Go through the records and copy each line where the string "rule" occurs.
++++ RECORDS FOR THIS EXERCISE ++++
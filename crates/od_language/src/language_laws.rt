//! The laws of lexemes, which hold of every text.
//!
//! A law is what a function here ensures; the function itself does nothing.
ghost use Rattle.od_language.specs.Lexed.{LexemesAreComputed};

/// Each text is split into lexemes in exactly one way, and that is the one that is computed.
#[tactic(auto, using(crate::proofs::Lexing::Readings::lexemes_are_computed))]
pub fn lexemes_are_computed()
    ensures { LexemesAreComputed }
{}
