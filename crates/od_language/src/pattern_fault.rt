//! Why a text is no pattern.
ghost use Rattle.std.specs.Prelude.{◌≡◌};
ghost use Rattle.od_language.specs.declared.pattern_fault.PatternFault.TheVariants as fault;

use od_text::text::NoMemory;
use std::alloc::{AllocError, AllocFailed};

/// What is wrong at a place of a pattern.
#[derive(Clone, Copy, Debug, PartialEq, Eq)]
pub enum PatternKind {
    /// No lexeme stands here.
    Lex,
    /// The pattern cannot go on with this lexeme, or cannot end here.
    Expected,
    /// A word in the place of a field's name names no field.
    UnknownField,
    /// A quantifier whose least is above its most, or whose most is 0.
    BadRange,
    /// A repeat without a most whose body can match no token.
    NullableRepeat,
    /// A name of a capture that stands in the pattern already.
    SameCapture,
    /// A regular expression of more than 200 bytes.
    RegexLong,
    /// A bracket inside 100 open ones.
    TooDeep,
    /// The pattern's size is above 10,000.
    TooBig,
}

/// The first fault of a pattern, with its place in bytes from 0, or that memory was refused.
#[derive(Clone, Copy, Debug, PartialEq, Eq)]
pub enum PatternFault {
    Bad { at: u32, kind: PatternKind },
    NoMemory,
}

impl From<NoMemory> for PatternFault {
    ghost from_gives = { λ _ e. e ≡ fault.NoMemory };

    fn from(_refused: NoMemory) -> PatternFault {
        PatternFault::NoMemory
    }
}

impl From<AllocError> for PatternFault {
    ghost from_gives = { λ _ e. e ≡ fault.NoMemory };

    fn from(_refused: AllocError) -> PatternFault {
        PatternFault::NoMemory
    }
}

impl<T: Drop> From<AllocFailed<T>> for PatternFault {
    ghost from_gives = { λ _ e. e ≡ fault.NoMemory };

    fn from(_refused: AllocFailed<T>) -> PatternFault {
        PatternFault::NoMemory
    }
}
++++
++++ RECORDS FOR THIS EXERCISE ++++
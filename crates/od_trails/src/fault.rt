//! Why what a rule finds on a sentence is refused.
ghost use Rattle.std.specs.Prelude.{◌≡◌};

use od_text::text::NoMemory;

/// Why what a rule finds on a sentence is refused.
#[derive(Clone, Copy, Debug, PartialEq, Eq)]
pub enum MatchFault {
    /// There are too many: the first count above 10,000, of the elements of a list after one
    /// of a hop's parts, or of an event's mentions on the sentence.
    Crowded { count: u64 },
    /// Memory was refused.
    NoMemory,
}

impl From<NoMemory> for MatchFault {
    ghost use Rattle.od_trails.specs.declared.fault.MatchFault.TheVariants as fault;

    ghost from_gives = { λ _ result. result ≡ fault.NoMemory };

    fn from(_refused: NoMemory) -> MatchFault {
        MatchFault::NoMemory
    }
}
++++
++++ RECORDS FOR THIS EXERCISE ++++
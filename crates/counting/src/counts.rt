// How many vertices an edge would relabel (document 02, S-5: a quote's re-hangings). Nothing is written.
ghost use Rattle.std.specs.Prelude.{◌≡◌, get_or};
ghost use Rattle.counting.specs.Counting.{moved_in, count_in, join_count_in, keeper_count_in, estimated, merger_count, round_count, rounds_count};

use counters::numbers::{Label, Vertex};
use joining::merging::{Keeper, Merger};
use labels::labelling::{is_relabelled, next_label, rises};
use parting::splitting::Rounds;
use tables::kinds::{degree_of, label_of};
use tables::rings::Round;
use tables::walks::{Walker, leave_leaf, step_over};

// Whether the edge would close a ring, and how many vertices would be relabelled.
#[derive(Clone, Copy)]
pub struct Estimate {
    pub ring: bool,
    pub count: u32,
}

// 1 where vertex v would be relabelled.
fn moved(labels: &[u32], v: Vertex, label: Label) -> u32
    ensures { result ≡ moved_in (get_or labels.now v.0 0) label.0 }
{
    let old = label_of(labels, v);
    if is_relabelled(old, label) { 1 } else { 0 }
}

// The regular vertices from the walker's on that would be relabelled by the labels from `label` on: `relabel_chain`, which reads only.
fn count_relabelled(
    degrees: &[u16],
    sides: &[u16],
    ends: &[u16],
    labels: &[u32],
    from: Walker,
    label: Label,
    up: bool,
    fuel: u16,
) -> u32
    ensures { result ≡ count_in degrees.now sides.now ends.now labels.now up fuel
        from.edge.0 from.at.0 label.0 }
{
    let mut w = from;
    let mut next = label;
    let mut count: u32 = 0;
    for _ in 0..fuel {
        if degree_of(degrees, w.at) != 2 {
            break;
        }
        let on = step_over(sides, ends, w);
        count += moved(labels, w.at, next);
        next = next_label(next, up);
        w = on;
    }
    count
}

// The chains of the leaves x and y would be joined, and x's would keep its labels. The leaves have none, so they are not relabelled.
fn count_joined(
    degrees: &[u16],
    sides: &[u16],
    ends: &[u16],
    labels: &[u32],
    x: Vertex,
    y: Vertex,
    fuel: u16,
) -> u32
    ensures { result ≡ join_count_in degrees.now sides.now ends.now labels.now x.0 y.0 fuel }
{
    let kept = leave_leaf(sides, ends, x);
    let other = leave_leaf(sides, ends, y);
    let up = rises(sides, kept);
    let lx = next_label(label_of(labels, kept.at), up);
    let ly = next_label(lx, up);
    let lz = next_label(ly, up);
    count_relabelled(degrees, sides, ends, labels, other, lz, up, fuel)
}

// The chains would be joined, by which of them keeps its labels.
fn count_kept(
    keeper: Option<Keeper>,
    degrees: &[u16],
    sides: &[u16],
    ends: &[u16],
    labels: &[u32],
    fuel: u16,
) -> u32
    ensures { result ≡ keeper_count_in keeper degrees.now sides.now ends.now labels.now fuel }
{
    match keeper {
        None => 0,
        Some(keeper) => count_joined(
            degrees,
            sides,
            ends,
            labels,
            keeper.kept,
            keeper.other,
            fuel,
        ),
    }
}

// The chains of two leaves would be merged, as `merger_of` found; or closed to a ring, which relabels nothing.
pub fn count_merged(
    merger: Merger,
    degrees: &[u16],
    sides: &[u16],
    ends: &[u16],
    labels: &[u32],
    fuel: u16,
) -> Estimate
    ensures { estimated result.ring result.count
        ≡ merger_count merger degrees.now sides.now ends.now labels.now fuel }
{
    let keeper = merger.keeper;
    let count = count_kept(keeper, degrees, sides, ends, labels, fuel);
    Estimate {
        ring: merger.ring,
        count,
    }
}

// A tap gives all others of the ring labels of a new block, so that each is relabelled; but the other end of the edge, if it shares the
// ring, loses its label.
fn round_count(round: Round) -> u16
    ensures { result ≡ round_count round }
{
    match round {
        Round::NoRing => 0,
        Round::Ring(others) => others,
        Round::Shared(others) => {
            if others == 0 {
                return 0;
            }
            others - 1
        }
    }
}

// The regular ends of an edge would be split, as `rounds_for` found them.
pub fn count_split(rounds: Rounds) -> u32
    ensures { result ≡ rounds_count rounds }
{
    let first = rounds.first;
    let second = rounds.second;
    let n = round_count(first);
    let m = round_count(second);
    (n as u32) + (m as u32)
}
++++
■ EXPECTED OUTPUT ■
//! Why what a rule finds on a sentence is refused.
/// Why what a rule finds on a sentence is refused.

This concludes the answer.